MATERIAL SUPPLIED:

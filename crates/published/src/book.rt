//! The list of the steps that were handed out for publication. It exists in proofs alone: what is stored
//! is its length.
ghost use Rattle.std.specs.Prelude.{◌≡◌, ◌+◌, ◌<◌, ◌≤◌, ◌^◌, ◌++◌, ◌∷◌, ◌⊎◌, [], length, IfSome, MatchBool};
ghost use Rattle.published.specs.Known.{start_of, next_of, Begins, BeginsLonger};

use logbook::{Gain, Offer, Plain, Play, Rule, Seen, Start, Word};
use shown::Step;
use std::hash::RandomState;
use std::marker::{Brand, Model};

/// The most steps of one book.
const MOST: u64 = 1 << 62;

/// The rule of the book.
pub struct Grows;

impl Rule<Step, u64> for Grows {
    ghost use Rattle.std.specs.Prelude.{[]};
    ghost use base.Fml.{ftrue};
    ghost use Rattle.published.specs.Book.{CountsLog};

    ghost holds = { λ cells log. CountsLog cells log };

    ghost first = { [] };

    ghost hinted = { λ n log. Unit {0} };

    ghost shows = { λ log. [] };

    ghost keeps = { λ names log. ftrue };

    ghost moves = { λ ask before after answer. Unit {0} };
}

/// Callers trade nothing.
pub struct GainsNothing;

impl Gain<Step, u64> for GainsNothing {
    ghost use base.Fml.{ftrue};

    ghost after = { λ names about answer. ftrue };
}

/// The move that adds a step.
pub struct Add;

impl Play<Step, u64> for Add {
    ghost use Rattle.published.specs.Book.{Adds};

    ghost then = { Adds };
}

/// What the move asks for: the step.
impl Plain<Step, Step, u64> for Add {
    ghost use Rattle.std.specs.Prelude.{None};

    ghost ask = { λ step. step };

    ghost state = { λ step. None };
}

/// Which book it is. The call that opens a keeper picks it.
pub trait Naming {
    ghost use Rattle.logbook.specs.Pages.{Book};

    ghost book: { Book };
}

impl Naming for Brand {
    ghost use Rattle.published.specs.Known.{no_book};

    ghost book = { no_book };
}

/// The word that only the desk moves: the length of the list. Contracts see it as the book's name.
#[derive(Drop)]
pub struct Book {
    head: Word<Step, u64, Grows>,
}

impl Model for Book {
    ghost use Rattle.std.specs.Prelude.{◌≡◌};
    ghost use Rattle.logbook.specs.Pages.{Book as Name};
    ghost use Rattle.published.specs.Book.{head_of};

    ghost Value = { Name };

    ghost view = { λ b. b.head.book };

    ghost invariant = { λ b. b.head ≡ head_of b.head.book };
}

/// A book with an empty list, the prefix that has seen nothing, and the key under which names are hashed where the book's steps
/// are shown.
#[derive(Drop)]
pub struct Opened {
    pub book: Book,
    pub prefix: StepPrefix,
    pub keys: RandomState,
    pub ghost empty: { prefix ≡ start_of book },
}

impl Opened {
    /// A new book, and the prefix that has seen nothing of it. Names are hashed under this key.
    pub fn new(keys: RandomState) -> Opened
        ensures { result.prefix ≡ start_of result.book }
    {
        let (book, prefix) = open();
        Opened { book, prefix, keys }
    }
}

fn open() -> (Book, StepPrefix)
    ensures { result.1 ≡ start_of result.0 }
{
    let (seen, mut first, _second) = Seen::open(Start::alone(), 0, 0);
    let head = Word::tracked(0, &mut first);
    (Book { head }, StepPrefix { count: 0, seen })
}

/// A beginning of a book's list. Contracts see it as the book's name and the steps. It can be copied, sent
/// and shared, and takes eight bytes.
#[derive(Drop)]
pub struct StepPrefix {
    count: u64,
    seen: Seen<Step, u64, Grows>,
}

impl Model for StepPrefix {
    ghost use Rattle.std.specs.Prelude.{◌≡◌, ◌≤◌, ◌^◌, List, length};
    ghost use Rattle.published.specs.Known.{Known};
    ghost use Rattle.published.specs.inside.Codes.{coded_known};

    ghost Value = { Known };

    ghost coded = { coded_known };

    ghost view = { λ f. record { book = f.seen.book; steps = f.seen.log } };

    ghost invariant = { λ f. (f.count ≡ length f.seen.log) × (length f.seen.log ≤ 2 ^ 62) };
}

impl StepPrefix {
    /// How many steps it has.
    pub fn len(&self) -> u64
        ensures length { result ≡ length self.now.steps }
        ensures bound { length self.now.steps ≤ 2 ^ 62 }
    {
        self.count
    }

    /// A copy.
    pub fn again(&self) -> StepPrefix
        ensures { result ≡ self.now }
    {
        StepPrefix {
            count: self.count,
            seen: self.seen.again(),
        }
    }

    /// Whether the other has as many steps or more. Then it begins with these.
    pub fn begins(&self, other: &StepPrefix) -> bool
        requires { other.now.book ≡ self.now.book }
        ensures { MatchBool result (Begins self.now other.now) (BeginsLonger other.now self.now) }
    {
        let mut both = self.seen.again();
        both.learn(&other.seen);
        self.count <= other.count
    }

    /// The longer of the two, which both begin.
    pub fn longer(&self, other: &StepPrefix) -> StepPrefix
        requires { other.now.book ≡ self.now.book }
        ensures this { Begins self.now result }
        ensures that { Begins other.now result }
        ensures one { (result ≡ self.now) ⊎ (result ≡ other.now) }
    {
        if self.begins(other) {
            other.again()
        } else {
            self.again()
        }
    }

    /// The list with one step more, where nobody else has added to it and there is room.
    pub fn add_step(&self, book: &Book, step: &Step) -> Option<StepPrefix>
        requires { self.now.book ≡ book.now }
        ensures { IfSome result (λ p. p ≡ next_of self.now step.now) }
    {
        if self.count >= MOST {
            return None;
        }
        let mut seen = self.seen.again();
        let mut offer: Offer<Step, u64, Grows, GainsNothing> = seen.plain::<
            GainsNothing,
            Step,
            Add,
        >(step);
        let mut pen = seen.no_pen();
        let found = book.head.compare_exchange::<Add, GainsNothing>(
            self.count,
            self.count + 1,
            &mut seen,
            &mut offer,
            &mut pen,
        );
        if found != self.count {
            return None;
        }
        Some(StepPrefix {
            count: self.count + 1,
            seen,
        })
    }
}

BRIEF: Each record is to be repeated exactly.

RESPONSE BELOW:
filename crates/published/src/book.rt
//! The list of the steps that were handed out for publication. It exists in proofs alone: what is stored
//! is its length.
ghost use Rattle.std.specs.Prelude.{◌≡◌, ◌+◌, ◌<◌, ◌≤◌, ◌^◌, ◌++◌, ◌∷◌, ◌⊎◌, [], length, IfSome, MatchBool};
ghost use Rattle.published.specs.Known.{start_of, next_of, Begins, BeginsLonger};

use logbook::{Gain, Offer, Plain, Play, Rule, Seen, Start, Word};
use shown::Step;
use std::hash::RandomState;
use std::marker::{Brand, Model};

/// The most steps of one book.
const MOST: u64 = 1 << 62;

/// The rule of the book.
pub struct Grows;

impl Rule<Step, u64> for Grows {
    ghost use Rattle.std.specs.Prelude.{[]};
    ghost use base.Fml.{ftrue};
    ghost use Rattle.published.specs.Book.{CountsLog};

    ghost holds = { λ cells log. CountsLog cells log };

    ghost first = { [] };

    ghost hinted = { λ n log. Unit {0} };

    ghost shows = { λ log. [] };

    ghost keeps = { λ names log. ftrue };

    ghost moves = { λ ask before after answer. Unit {0} };
}

/// Callers trade nothing.
pub struct GainsNothing;

impl Gain<Step, u64> for GainsNothing {
    ghost use base.Fml.{ftrue};

    ghost after = { λ names about answer. ftrue };
}

/// The move that adds a step.
pub struct Add;

impl Play<Step, u64> for Add {
    ghost use Rattle.published.specs.Book.{Adds};

    ghost then = { Adds };
}

/// What the move asks for: the step.
impl Plain<Step, Step, u64> for Add {
    ghost use Rattle.std.specs.Prelude.{None};

    ghost ask = { λ step. step };

    ghost state = { λ step. None };
}

/// Which book it is. The call that opens a keeper picks it.
pub trait Naming {
    ghost use Rattle.logbook.specs.Pages.{Book};

    ghost book: { Book };
}

impl Naming for Brand {
    ghost use Rattle.published.specs.Known.{no_book};

    ghost book = { no_book };
}

/// The word that only the desk moves: the length of the list. Contracts see it as the book's name.
#[derive(Drop)]
pub struct Book {
    head: Word<Step, u64, Grows>,
}

impl Model for Book {
    ghost use Rattle.std.specs.Prelude.{◌≡◌};
    ghost use Rattle.logbook.specs.Pages.{Book as Name};
    ghost use Rattle.published.specs.Book.{head_of};

    ghost Value = { Name };

    ghost view = { λ b. b.head.book };

    ghost invariant = { λ b. b.head ≡ head_of b.head.book };
}

/// A book with an empty list, the prefix that has seen nothing, and the key under which names are hashed where the book's steps
/// are shown.
#[derive(Drop)]
pub struct Opened {
    pub book: Book,
    pub prefix: StepPrefix,
    pub keys: RandomState,
    pub ghost empty: { prefix ≡ start_of book },
}

impl Opened {
    /// A new book, and the prefix that has seen nothing of it. Names are hashed under this key.
    pub fn new(keys: RandomState) -> Opened
        ensures { result.prefix ≡ start_of result.book }
    {
        let (book, prefix) = open();
        Opened { book, prefix, keys }
    }
}

fn open() -> (Book, StepPrefix)
    ensures { result.1 ≡ start_of result.0 }
{
    let (seen, mut first, _second) = Seen::open(Start::alone(), 0, 0);
    let head = Word::tracked(0, &mut first);
    (Book { head }, StepPrefix { count: 0, seen })
}

/// A beginning of a book's list. Contracts see it as the book's name and the steps. It can be copied, sent
/// and shared, and takes eight bytes.
#[derive(Drop)]
pub struct StepPrefix {
    count: u64,
    seen: Seen<Step, u64, Grows>,
}

impl Model for StepPrefix {
    ghost use Rattle.std.specs.Prelude.{◌≡◌, ◌≤◌, ◌^◌, List, length};
    ghost use Rattle.published.specs.Known.{Known};
    ghost use Rattle.published.specs.inside.Codes.{coded_known};

    ghost Value = { Known };

    ghost coded = { coded_known };

    ghost view = { λ f. record { book = f.seen.book; steps = f.seen.log } };

    ghost invariant = { λ f. (f.count ≡ length f.seen.log) × (length f.seen.log ≤ 2 ^ 62) };
}

impl StepPrefix {
    /// How many steps it has.
    pub fn len(&self) -> u64
        ensures length { result ≡ length self.now.steps }
        ensures bound { length self.now.steps ≤ 2 ^ 62 }
    {
        self.count
    }

    /// A copy.
    pub fn again(&self) -> StepPrefix
        ensures { result ≡ self.now }
    {
        StepPrefix {
            count: self.count,
            seen: self.seen.again(),
        }
    }

    /// Whether the other has as many steps or more. Then it begins with these.
    pub fn begins(&self, other: &StepPrefix) -> bool
        requires { other.now.book ≡ self.now.book }
        ensures { MatchBool result (Begins self.now other.now) (BeginsLonger other.now self.now) }
    {
        let mut both = self.seen.again();
        both.learn(&other.seen);
        self.count <= other.count
    }

    /// The longer of the two, which both begin.
    pub fn longer(&self, other: &StepPrefix) -> StepPrefix
        requires { other.now.book ≡ self.now.book }
        ensures this { Begins self.now result }
        ensures that { Begins other.now result }
        ensures one { (result ≡ self.now) ⊎ (result ≡ other.now) }
    {
        if self.begins(other) {
            other.again()
        } else {
            self.again()
        }
    }

    /// The list with one step more, where nobody else has added to it and there is room.
    pub fn add_step(&self, book: &Book, step: &Step) -> Option<StepPrefix>
        requires { self.now.book ≡ book.now }
        ensures { IfSome result (λ p. p ≡ next_of self.now step.now) }
    {
        if self.count >= MOST {
            return None;
        }
        let mut seen = self.seen.again();
        let mut offer: Offer<Step, u64, Grows, GainsNothing> = seen.plain::<
            GainsNothing,
            Step,
            Add,
        >(step);
        let mut pen = seen.no_pen();
        let found = book.head.compare_exchange::<Add, GainsNothing>(
            self.count,
            self.count + 1,
            &mut seen,
            &mut offer,
            &mut pen,
        );
        if found != self.count {
            return None;
        }
        Some(StepPrefix {
            count: self.count + 1,
            seen,
        })
    }
}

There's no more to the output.